6 October 2016
KIT Campus Nord
Europe/Berlin timezone

Towards Information Infrastructures in DFG Collaborative Research Centres

6 Oct 2016, 10:00
30m
FTU Aula (KIT Campus Nord)

FTU Aula

KIT Campus Nord

Speakers

Dr Rainer Stotzka (KIT)Mr Richard Grunzke (TU Dresden)

Description

In this slot we present two new SFBs: Collaborative Research Centre "Volition and Cognitive Control": Data Management, Workflow Optimization and Science Gateway Richard Grunzke The overarching aim of the Collaborative Research Centre (CRC) is to elucidate cognitive and neural mechanisms underlying adaptive volitional control as well as impaired control in selected mental disorders. Researchers of the CRC collect a wide variety of data such as MRI-images, EEG, genetic, or behavioral data from participants in various research projects. Due to the increasing number of participants, multimodal assessment, improved imaging technologies as well as new research projects the amount of CRC data stored in diverse files is steadily increasing. The INF project will design and build a system that manages the data including metadata, enables its analysis using HPC resources, enables data sharing, and integrates with the existing science gateway. ---------------------------- Collaborative Research Center “Episteme in Motion”: Data and Analysis Infrastructure Danah Tonne, Rainer Stotzka The Collaborative Research Center “Episteme in Motion” is dedicated to the examination of processes of knowledge change in European and in non-European pre-modern cultures. The INF project of the CRC develops methods and practices for the digital exploitation and visualization of epistemic changes within long-term processes of transmission of premodern corpuses. It uses travelling manuscripts, codices, prints, albums and library inventories as examples of systemic transfer processes.
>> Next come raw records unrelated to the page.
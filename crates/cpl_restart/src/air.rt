// The state of the air alone, and its bytes.
ghost use Rattle.std.specs.Prelude.{◌≡◌, ◌≢◌, ◌<◌, ◌≤◌, ◌^◌, ◌++◌, ℕ, List, length, take, pos, IfOk};
ghost use Rattle.std.specs.List.{position};
ghost use Rattle.cpl_restart.specs.Numbers.{number_bytes, section_bytes, is_negative};
ghost use Rattle.cpl_restart.specs.AirBytes.{IsAir, HasSections, Reads, air_mark, air_bytes, air_of};
ghost use Rattle.cpl_state.specs.declared.air.Air.{Air as AirState};

use crate::sections::{read_end, read_mark, read_section, refuse_negative, write_section};
use crate::start_error::StartError;
use cpl_fixed::List;
use cpl_state::Air;
use std::alloc::{AllocError, Global};

/// The first eight bytes of an air state.
const AIR_MARK: &[u8; 8] = b"CPLAIR01";

#[tactic(auto, unfolding(crate::specs::AirBytes::air_of))]
fn air_sections(alloc: Global, cells: u32, bytes: &[u8]) -> Result<Air, StartError>
    ensures { Reads (λ air. air) result (air_of cells bytes.now) }
{
    let sections = read_mark(AIR_MARK, bytes)?;
    let (heat, sections) = read_section(alloc, 1, cells, sections)?;
    let (vapour, end) = read_section(alloc, 2, cells, sections)?;
    read_end(end)?;
    refuse_negative(1, heat.as_slice())?;
    refuse_negative(2, vapour.as_slice())?;
    Ok(Air { heat, vapour })
}

/// The air state of `cells` cells that `bytes` spell, or their first fault.
///
/// The bytes are the mark `CPLAIR01`, the heats (section 1) and the vapours (section 2), both in whole order. A section is
/// its count and that many numbers. Counts and numbers are eight bytes each, the highest first, numbers in two's complement.
/// The format is defined by this project.
///
/// `Short` comes for fewer than eight bytes, and else `Magic` for another mark. Then, in the order of the file, `Short`
/// comes where a count or a section's numbers aren't all there, and `Shape(section)` where a count isn't `cells`. Then
/// `Trailing` comes where bytes follow, and last `Negative(section, index)` for the first negative number. `Memory` may come
/// in place of what is behind a section whose numbers are all there.
pub fn decode_air(alloc: Global, cells: u32, bytes: &[u8]) -> Result<Air, StartError>
    // What is read is spelled so.
    ensures found { IfOk result (IsAir cells) }
    ensures spelled { IfOk result (λ air. bytes.now ≡ air_bytes air) }
    // What is spelled so is read, unless memory ran out.
    ensures only { (air : AirState) → IsAir cells air → bytes.now ≡ air_bytes air → Reads (λ air. air) result (Ok air) }
    // Which fault it is.
    ensures exact { Reads (λ air. air) result (air_of cells bytes.now) }
{
    air_sections(alloc, cells, bytes)
}

// The spelling of an air state.
fn spell_air(alloc: Global, air: &Air) -> Result<Vec<u8>, AllocError>
    ensures { IfOk result (λ bytes. bytes.items ≡ air_bytes air.now) }
{
    let numbers = air.heat.len().saturating_add(air.vapour.len());
    // The mark and two counts are as long as a number each.
    let size = numbers.saturating_add(3).saturating_mul(8);
    let mut bytes = Vec::with_capacity(alloc, size)?;
    bytes.extend_from_slice(AIR_MARK)?;
    write_section(&mut bytes, air.heat.as_slice())?;
    write_section(&mut bytes, air.vapour.as_slice())?;
    Ok(bytes)
}

/// The one spelling of an air state, as `decode_air` tells it; reading it gives the state back. It has 24 bytes, and 16 for each cell.
pub fn encode_air(alloc: Global, air: &Air) -> Result<Vec<u8>, AllocError>
    ensures spelled { IfOk result (λ bytes. bytes.items ≡ air_bytes air.now) }
    ensures back { IfOk result (λ bytes. (cells : ℕ) → cells < 2 ^ 32 → IsAir cells air.now → air_of cells bytes.items ≡ Ok air.now) }
{
    spell_air(alloc, air)
}

/// A theorem, and no work: the faults of the air's bytes, told by spellings. What is cut off, changed or added is refused by
/// the fault that says so.
pub fn faults_of_air()
    // A front of a file, and not all of it.
    ensures short { (cells n : ℕ) (air : AirState) → cells < 2 ^ 32 → HasSections cells air → n < length (air_bytes air)
        → air_of cells (take n (air_bytes air)) ≡ Err StartError.Short }
    // Fewer bytes than a mark has.
    ensures no_mark { (cells : ℕ) (bytes : List ℕ) → length bytes < 8 → air_of cells bytes ≡ Err StartError.Short }
    // A count that isn't all there.
    ensures no_first_count { (cells : ℕ) (bytes : List ℕ) → length bytes < 8
        → air_of cells (air_mark ++ bytes) ≡ Err StartError.Short }
    ensures no_second_count { (cells : ℕ) (air : AirState) (bytes : List ℕ) → cells < 2 ^ 32 → HasSections cells air → length bytes < 8
        → air_of cells (air_mark ++ (section_bytes air.heat ++ bytes)) ≡ Err StartError.Short }
    // Another mark.
    ensures magic { (cells : ℕ) (bytes : List ℕ) → 8 ≤ length bytes → take 8 bytes ≢ air_mark
        → air_of cells bytes ≡ Err StartError.Magic }
    // Another count.
    ensures first_shape { (cells n : ℕ) (rest : List ℕ) → n < 2 ^ 64 → n ≢ cells
        → air_of cells (air_mark ++ (number_bytes (pos n) ++ rest)) ≡ Err (StartError.Shape 1) }
    ensures second_shape { (cells n : ℕ) (air : AirState) (rest : List ℕ) → cells < 2 ^ 32 → HasSections cells air → n < 2 ^ 64 → n ≢ cells
        → air_of cells (air_mark ++ (section_bytes air.heat ++ (number_bytes (pos n) ++ rest))) ≡ Err (StartError.Shape 2) }
    // A file, and more.
    ensures trailing { (cells : ℕ) (air : AirState) (more : List ℕ) → cells < 2 ^ 32 → HasSections cells air → 0 < length more
        → air_of cells (air_bytes air ++ more) ≡ Err StartError.Trailing }
    // A file with a negative number.
    ensures first_negative { (cells index : ℕ) (air : AirState) → cells < 2 ^ 32 → HasSections cells air
        → position is_negative air.heat ≡ Some index
        → air_of cells (air_bytes air) ≡ Err (StartError.Negative 1 index) }
    ensures second_negative { (cells index : ℕ) (air : AirState) → cells < 2 ^ 32 → HasSections cells air
        → position is_negative air.heat ≡ None → position is_negative air.vapour ≡ Some index
        → air_of cells (air_bytes air) ≡ Err (StartError.Negative 2 index) }
{}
The aim is to build a repository for the digital data objects and their metadata useful for the specific purposes of all the projects of the CRC. By cooperating closely with the project “Manuscripts in Motion: Tools for Documenting, Analysing and Visualising the Dynamics of Textual Topographies" we test forms of cooperation between the humanities and applied computer science. Given that a cooperation between three institutions is going to be established, the INF project will serve as a pilot for DARIAH-DE for the implementation of complex institutional cooperation.